Consequently, the internal cluster configuration managed by Zookeeper uses network addresses specific to this internal solr network.
When attempting to interact with the Solr cluster from an application outside this solr Docker network using the standard
org.apache.solr.client.solrj.impl.CloudSolrClient, you might encounter connectivity issues. This is because the Solr node
addresses registered in Zookeeper are not directly resolvable from the external network context.

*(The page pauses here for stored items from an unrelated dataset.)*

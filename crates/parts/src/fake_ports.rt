//! What the ports of standard input and output, and of a conversation, do over readers and writers that are short, interrupted or fail.

ghost use Rattle.std.specs.Prelude.{◌≡◌, ◌≤◌, None, IfOk};

use crate::number;
use anyhow::{Context, Error, Result};
use line_port::{Heard, Port, StdPort};
use ports::{Put, Sink, Source, StdSink, StdSource, Taken};
use std::alloc::Global;
use std::io::{ErrorKind, Read, Write};
use std::{fmt, io};

fn take_from<S: Source>(source: &mut S, buf: &mut [u8]) -> Taken {
    source.take(buf)
}

fn put_to<K: Sink>(sink: &mut K, bytes: &[u8]) -> Put {
    sink.put(bytes)
}

/// What a fake reader or writer does at a call.
#[derive(Clone, Copy)]
enum Step {
    /// It moves at most so many bytes.
    Moves(usize),
    Interrupted,
    Broken,
}

impl Step {
    /// How many of so many bytes are moved.
    fn count(self, most: usize) -> io::Result<usize>
        ensures { IfOk result (λ n. n ≤ most) }
    {
        match self {
            Step::Moves(count) => Ok(count.min(most)),
            Step::Interrupted => Err(io::Error::from(ErrorKind::Interrupted)),
            Step::Broken => Err(io::Error::from(ErrorKind::BrokenPipe)),
        }
    }
}

/// The steps in turn, and then the last one for ever.
#[derive(Drop)]
struct Steps<'a> {
    steps: &'a [Step],
    last: Step,
}

impl<'a> Steps<'a> {
    /// None where there is no step.
    fn of(steps: &'a [Step]) -> Option<Steps<'a>> {
        let last = *steps.last()?;
        Some(Steps { steps, last })
    }

    fn next_step(&mut self) -> Step {
        match self.steps.split_first() {
            Some((step, rest)) => {
                self.steps = rest;
                *step
            }
            None => self.last,
        }
    }
}

/// The step of a word: how many bytes it moves, `i` for interrupted, `b` for broken.
fn step_of(word: &str) -> Result<Step> {
    match word {
        "i" => Ok(Step::Interrupted),
        "b" => Ok(Step::Broken),
        _ => Ok(Step::Moves(number(word)? as usize)),
    }
}

/// The steps of these words.
fn steps_of(alloc: Global, words: &[&str]) -> Result<Vec<Step>> {
    let mut steps = Vec::new(alloc);
    for word in words {
        steps.push(step_of(word)?)?;
    }
    Ok(steps)
}

#[derive(Drop)]
struct FakeReader<'a> {
    steps: Steps<'a>,
    text: &'a [u8],
}

impl Read for FakeReader<'_> {
    fn read(&mut self, buf: &mut [u8]) -> io::Result<usize> {
        let count = self
            .steps
            .next_step()
            .count(self.text.len().min(buf.len()))?;
        let (front, rest) = self.text.split_at(count);
        buf[..count].copy_from_slice(front);
        self.text = rest;
        Ok(count)
    }
}

#[derive(Drop)]
struct FakeWriter<'a> {
    steps: Steps<'a>,
    held: Vec<u8>,
    flushed: usize,
}

impl Write for FakeWriter<'_> {
    fn write(&mut self, buf: &[u8]) -> io::Result<usize> {
        let count = self.steps.next_step().count(buf.len())?;
        self.held.extend_from_slice(&buf[..count])?;
        Ok(count)
    }

    fn flush(&mut self) -> io::Result<()> {
        self.steps.next_step().count(0)?;
        self.flushed = self.held.len();
        Ok(())
    }
}

/// A source over a reader that takes these steps and has this text.
fn source_over<'a>(steps: &'a [Step], text: &'a [u8]) -> Result<StdSource<FakeReader<'a>>> {
    let steps = Steps::of(steps).context("reading a step")?;
    Ok(StdSource::new(FakeReader { steps, text }))
}

/// Takes with so much room, and tells the answer and what stands in the buffer then.
fn tell_take<S: Source>(
    alloc: Global,
    told: &mut String,
    source: &mut S,
    room: &str,
) -> Result<()> {
    let mut buf = vec![in alloc; 0; number(room)? as usize]?;
    let taken = take_from(source, buf.as_mut_slice());
    let held = String::from_utf8_lossy(alloc, buf.as_slice())?;
    write!(told, "{taken:?} {:?}", held.as_str()).context("telling a take")
}

/// What a source over a fake reader answers at each call, what its buffer has then, and the faults by then, as `source ROOMS TEXT STEP ..` has it; a room and the next have a
/// comma between them.
pub(crate) fn source_told(alloc: Global, row: &str) -> Result<String> {
    let words: Vec<&str> = row.split(' ').collect(alloc)?;
    let [rooms, text, steps @ ..] = words.as_slice() else {
        return Err(Error::msg("a source has two words and its steps"));
    };
    let steps = steps_of(alloc, steps)?;
    let mut source = source_over(steps.as_slice(), text.as_bytes())?;
    let mut told = String::new(alloc);
    for room in rooms.split(',') {
        tell_take(alloc, &mut told, &mut source, room)?;
        write!(told, " {}, ", source.faults())?;
    }
    Ok(told)
}

/// What a put of this text comes to, and what the writer has then and at its last flush.
fn put_told(alloc: Global, text: &str, writer: &mut FakeWriter<'_>) -> Result<String> {
    let mut sink = StdSink::new(&mut *writer);
    let put = put_to(&mut sink, text.as_bytes());
    let held = String::from_utf8_lossy(alloc, writer.held.as_slice())?;
    format!(in alloc; "{put:?} {held} {}", writer.flushed).context("telling a put")
}

/// What a sink over a fake writer answers, as `sink TEXT STEP ..` has it.
pub(crate) fn sink_told(alloc: Global, row: &str) -> Result<String> {
    let words: Vec<&str> = row.split(' ').collect(alloc)?;
    let [text, steps @ ..] = words.as_slice() else {
        return Err(Error::msg("a sink has a word and its steps"));
    };
    let steps = steps_of(alloc, steps)?;
    let mut writer = FakeWriter {
        steps: Steps::of(steps.as_slice()).context("reading a step")?,
        held: Vec::new(alloc),
        flushed: 0,
    };
    put_told(alloc, text, &mut writer)
}

/// A port of a conversation over a reader that takes these steps and has this text.
fn port_over<'a>(
    alloc: Global,
    steps: &'a [Step],
    text: &'a [u8],
) -> Result<StdPort<FakeReader<'a>, FakeWriter<'a>>>
    ensures { IfOk result (λ port. port.finish ≡ None) }
{
    let reader = FakeReader {
        steps: Steps::of(steps).context("reading a step")?,
        text,
    };
    let writer = FakeWriter {
        steps: Steps::of(steps).context("reading a step")?,
        held: Vec::new(alloc),
        flushed: 0,
    };
    Ok(StdPort::new(alloc, reader, writer)?)
}

/// Tells what was heard, with the line where it is one.
fn tell_heard(alloc: Global, told: &mut String, heard: Heard, line: &[u8]) -> Result<()> {
    if heard != Heard::Line {
        return write!(told, "{heard:?}, ").context("telling what was heard");
    }
    let line = String::from_utf8_lossy(alloc, line)?;
    write!(told, "{heard:?} {:?}, ", line.as_str()).context("telling a line")
}

/// What a port over a fake reader hears first, and next, unless it has ended by then, as `hears TEXT STEP ..` has it; a stroke in the
/// text stands for a line feed.
pub(crate) fn heard_told(alloc: Global, row: &str) -> Result<String> {
    let words: Vec<&str> = row.split(' ').collect(alloc)?;
    let [text, steps @ ..] = words.as_slice() else {
        return Err(Error::msg("hearing has a word and its steps"));
    };
    let steps = steps_of(alloc, steps)?;
    let text: Vec<u8> = text
        .bytes()
        .map(|byte| if byte == b'/' { b'\n' } else { byte })
        .collect(alloc)?;
    let mut port = port_over(alloc, steps.as_slice(), text.as_slice())?;
    let mut line = Vec::new(alloc);
    let mut told = String::new(alloc);
    let first = port.hear(&mut line);
    tell_heard(alloc, &mut told, first, line.as_slice())?;
    if first.finish().is_some() {
        return Ok(told);
    }
    let next = port.hear(&mut line);
    tell_heard(alloc, &mut told, next, line.as_slice())?;
    Ok(told)
}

To illustrate how to interact with the Solr cluster running inside Docker from an external application without relying on
Zookeeper-based node discovery, the unit test eu.dnetlib.dhp.solr.SolrClientTest provides a practical example.
It demonstrates the use of org.apache.solr.client.solrj.impl.LBHttpSolrClient.
This client allows you to directly connect to the Solr nodes using their externally exposed ports, bypassing the need for
Zookeeper-driven discovery in external client scenarios.